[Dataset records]
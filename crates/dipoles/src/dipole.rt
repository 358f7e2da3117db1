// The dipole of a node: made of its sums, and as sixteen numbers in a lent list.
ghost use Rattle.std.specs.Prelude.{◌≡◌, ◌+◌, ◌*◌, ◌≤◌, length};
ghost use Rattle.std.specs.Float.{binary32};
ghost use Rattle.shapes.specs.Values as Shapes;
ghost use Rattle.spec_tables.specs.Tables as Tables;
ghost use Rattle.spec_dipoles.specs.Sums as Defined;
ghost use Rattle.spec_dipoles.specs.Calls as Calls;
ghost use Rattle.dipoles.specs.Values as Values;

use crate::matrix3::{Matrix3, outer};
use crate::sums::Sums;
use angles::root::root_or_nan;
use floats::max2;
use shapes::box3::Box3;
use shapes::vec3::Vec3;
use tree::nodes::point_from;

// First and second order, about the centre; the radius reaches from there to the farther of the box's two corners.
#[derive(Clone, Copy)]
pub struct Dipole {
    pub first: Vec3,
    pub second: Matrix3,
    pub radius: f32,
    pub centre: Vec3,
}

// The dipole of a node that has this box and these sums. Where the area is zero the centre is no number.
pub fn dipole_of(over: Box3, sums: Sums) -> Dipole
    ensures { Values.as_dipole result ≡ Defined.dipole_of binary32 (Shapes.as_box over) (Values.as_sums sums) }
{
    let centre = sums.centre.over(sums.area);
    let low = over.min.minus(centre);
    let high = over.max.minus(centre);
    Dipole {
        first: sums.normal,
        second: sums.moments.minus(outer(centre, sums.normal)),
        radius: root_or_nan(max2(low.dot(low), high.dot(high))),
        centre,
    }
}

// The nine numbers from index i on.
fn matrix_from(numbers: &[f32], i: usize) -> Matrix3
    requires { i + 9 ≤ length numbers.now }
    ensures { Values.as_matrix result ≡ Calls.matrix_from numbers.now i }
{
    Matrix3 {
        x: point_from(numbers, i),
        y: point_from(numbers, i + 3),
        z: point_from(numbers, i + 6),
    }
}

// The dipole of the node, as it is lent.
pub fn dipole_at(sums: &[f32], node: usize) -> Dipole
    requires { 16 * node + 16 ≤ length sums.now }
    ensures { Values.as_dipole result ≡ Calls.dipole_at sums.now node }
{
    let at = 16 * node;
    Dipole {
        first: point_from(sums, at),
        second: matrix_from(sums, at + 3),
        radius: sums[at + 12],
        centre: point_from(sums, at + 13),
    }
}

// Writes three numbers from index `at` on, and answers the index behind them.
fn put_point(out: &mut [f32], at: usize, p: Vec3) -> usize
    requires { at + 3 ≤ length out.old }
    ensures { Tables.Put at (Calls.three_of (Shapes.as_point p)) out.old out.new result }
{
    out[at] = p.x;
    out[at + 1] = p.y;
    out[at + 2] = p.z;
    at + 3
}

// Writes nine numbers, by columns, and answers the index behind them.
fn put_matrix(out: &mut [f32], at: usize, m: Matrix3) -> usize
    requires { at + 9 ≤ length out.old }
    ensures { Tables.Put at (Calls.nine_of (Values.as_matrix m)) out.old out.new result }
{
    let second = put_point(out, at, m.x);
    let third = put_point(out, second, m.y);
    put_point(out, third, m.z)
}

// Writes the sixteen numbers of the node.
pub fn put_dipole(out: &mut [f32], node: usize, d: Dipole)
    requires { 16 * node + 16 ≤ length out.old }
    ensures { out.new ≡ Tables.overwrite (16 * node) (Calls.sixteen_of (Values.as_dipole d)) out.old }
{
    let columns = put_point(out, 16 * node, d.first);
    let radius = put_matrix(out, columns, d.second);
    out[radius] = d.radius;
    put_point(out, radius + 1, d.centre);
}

## Exercise goal
Where a line of the data above includes the string "high", pull it out.

## Task output
    let high = over.max.minus(centre);
        radius: root_or_nan(max2(low.dot(low), high.dot(high))),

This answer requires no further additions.